Only one stretch of the records below should be repeated. It starts with the line containing "use kinds::refusal::Refusal;" and goes on through the line containing "u32) -> u32", exactly as written.
>>>
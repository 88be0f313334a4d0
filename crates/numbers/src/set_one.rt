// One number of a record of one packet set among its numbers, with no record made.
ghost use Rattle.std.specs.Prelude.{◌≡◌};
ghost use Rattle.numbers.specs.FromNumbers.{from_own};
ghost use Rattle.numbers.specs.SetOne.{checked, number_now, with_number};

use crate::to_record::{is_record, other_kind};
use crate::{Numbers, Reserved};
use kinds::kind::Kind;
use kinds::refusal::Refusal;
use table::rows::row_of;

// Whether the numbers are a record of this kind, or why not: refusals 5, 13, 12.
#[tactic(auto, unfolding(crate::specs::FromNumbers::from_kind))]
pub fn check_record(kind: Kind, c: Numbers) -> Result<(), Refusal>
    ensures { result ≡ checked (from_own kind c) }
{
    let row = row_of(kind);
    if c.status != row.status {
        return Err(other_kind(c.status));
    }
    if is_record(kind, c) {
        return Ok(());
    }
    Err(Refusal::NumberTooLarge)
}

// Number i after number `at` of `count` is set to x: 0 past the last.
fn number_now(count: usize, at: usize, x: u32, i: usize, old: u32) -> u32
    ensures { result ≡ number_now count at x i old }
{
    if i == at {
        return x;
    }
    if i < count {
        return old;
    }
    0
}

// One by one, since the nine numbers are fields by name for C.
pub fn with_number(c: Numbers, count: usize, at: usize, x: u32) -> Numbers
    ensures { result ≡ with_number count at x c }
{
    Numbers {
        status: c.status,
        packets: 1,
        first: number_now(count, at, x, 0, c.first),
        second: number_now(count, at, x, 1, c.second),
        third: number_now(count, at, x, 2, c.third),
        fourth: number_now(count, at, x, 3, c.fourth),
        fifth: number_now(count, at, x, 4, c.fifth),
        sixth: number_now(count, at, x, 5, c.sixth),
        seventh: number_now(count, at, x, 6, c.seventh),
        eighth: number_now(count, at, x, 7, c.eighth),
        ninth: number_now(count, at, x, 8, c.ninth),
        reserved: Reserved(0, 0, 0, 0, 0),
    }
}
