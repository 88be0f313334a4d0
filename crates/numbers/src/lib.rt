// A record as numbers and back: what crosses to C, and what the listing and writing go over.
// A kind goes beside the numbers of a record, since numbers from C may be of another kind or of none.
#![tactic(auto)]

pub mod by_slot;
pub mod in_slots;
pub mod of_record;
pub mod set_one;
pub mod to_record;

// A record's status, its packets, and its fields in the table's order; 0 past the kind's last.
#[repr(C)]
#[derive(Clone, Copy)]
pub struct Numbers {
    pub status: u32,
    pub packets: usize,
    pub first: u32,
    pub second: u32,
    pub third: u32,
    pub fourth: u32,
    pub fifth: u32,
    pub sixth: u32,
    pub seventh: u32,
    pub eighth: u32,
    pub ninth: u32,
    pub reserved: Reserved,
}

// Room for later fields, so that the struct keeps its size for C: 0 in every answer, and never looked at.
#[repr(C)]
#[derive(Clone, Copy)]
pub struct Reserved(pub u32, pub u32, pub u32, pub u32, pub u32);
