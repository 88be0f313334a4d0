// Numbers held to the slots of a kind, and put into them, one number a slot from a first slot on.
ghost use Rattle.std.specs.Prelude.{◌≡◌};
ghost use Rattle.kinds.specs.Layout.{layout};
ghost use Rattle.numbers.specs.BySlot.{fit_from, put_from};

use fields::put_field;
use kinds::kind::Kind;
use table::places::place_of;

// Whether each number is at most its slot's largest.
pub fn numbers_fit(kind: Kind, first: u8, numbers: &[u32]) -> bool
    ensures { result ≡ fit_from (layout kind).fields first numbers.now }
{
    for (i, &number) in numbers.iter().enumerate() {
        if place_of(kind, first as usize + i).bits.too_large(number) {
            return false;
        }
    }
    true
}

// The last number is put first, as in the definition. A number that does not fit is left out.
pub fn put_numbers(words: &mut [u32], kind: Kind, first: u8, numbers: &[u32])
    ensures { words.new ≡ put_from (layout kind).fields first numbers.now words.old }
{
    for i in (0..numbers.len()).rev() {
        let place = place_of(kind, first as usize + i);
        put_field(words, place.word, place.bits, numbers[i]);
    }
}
<<<
>>>
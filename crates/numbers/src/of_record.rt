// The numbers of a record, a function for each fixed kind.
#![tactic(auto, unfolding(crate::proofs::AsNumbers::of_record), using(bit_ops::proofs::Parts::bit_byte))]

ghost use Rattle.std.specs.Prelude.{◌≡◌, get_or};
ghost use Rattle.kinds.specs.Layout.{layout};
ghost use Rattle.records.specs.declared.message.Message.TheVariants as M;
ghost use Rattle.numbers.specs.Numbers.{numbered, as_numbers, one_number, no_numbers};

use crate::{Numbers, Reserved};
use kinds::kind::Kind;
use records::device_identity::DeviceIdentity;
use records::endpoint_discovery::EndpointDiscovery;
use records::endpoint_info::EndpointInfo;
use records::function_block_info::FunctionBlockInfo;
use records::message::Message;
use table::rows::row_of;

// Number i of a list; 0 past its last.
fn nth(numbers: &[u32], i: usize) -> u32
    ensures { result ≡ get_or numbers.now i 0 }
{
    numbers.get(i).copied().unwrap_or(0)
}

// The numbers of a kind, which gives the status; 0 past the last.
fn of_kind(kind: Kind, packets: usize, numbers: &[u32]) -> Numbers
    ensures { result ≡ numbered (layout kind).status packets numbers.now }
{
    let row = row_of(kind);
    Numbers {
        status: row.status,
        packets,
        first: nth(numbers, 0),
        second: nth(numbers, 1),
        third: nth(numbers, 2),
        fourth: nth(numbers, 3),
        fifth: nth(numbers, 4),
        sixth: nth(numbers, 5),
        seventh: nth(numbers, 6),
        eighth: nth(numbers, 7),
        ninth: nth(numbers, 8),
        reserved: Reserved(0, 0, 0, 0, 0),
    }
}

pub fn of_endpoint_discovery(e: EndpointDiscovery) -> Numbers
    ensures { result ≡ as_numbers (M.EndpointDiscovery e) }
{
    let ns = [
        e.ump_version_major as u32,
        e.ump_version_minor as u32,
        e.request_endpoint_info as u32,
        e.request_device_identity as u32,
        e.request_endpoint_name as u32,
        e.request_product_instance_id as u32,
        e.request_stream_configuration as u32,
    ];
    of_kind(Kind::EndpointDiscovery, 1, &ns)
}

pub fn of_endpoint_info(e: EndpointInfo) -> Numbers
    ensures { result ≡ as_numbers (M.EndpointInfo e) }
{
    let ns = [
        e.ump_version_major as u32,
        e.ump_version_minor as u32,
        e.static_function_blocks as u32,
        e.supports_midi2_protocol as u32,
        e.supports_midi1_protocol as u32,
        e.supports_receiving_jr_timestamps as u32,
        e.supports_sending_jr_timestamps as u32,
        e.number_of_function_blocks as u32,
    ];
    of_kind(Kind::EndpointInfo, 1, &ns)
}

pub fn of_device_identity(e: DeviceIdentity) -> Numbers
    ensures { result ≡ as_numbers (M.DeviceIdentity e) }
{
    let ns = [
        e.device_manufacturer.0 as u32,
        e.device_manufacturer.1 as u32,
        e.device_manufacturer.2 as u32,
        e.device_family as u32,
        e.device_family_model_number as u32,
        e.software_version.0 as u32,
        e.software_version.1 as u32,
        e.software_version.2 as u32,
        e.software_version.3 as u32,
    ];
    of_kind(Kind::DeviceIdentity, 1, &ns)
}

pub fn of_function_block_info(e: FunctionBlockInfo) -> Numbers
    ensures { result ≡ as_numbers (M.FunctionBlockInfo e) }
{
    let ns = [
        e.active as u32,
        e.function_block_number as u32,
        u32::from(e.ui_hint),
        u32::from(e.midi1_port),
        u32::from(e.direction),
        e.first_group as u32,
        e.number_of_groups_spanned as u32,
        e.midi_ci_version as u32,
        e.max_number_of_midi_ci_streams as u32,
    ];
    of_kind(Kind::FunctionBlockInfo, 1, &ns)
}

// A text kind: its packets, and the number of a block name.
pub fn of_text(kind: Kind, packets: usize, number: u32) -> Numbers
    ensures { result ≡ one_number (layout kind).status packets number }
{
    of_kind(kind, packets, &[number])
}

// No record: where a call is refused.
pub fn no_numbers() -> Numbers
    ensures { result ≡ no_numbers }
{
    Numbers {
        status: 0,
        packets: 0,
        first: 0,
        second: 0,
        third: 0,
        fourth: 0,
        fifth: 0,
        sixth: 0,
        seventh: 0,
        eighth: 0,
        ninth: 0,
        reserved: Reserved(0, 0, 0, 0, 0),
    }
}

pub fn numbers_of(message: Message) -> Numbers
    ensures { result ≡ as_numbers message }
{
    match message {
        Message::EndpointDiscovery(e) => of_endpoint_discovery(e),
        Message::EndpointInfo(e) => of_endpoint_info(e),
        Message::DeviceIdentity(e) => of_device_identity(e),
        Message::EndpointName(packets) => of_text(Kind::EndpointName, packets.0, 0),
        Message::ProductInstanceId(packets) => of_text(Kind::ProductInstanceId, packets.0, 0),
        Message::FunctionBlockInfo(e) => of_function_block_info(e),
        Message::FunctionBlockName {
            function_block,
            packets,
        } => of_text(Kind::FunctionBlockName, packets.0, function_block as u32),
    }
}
<<<
§ **SOLUTION**
use kinds::refusal::Refusal;
use table::rows::row_of;

// Whether the numbers are a record of this kind, or why not: refusals 5, 13, 12.
#[tactic(auto, unfolding(crate::specs::FromNumbers::from_kind))]
pub fn check_record(kind: Kind, c: Numbers) -> Result<(), Refusal>
    ensures { result ≡ checked (from_own kind c) }
{
    let row = row_of(kind);
    if c.status != row.status {
        return Err(other_kind(c.status));
    }
    if is_record(kind, c) {
        return Ok(());
    }
    Err(Refusal::NumberTooLarge)
}

// Number i after number `at` of `count` is set to x: 0 past the last.
fn number_now(count: usize, at: usize, x: u32, i: usize, old: u32) -> u32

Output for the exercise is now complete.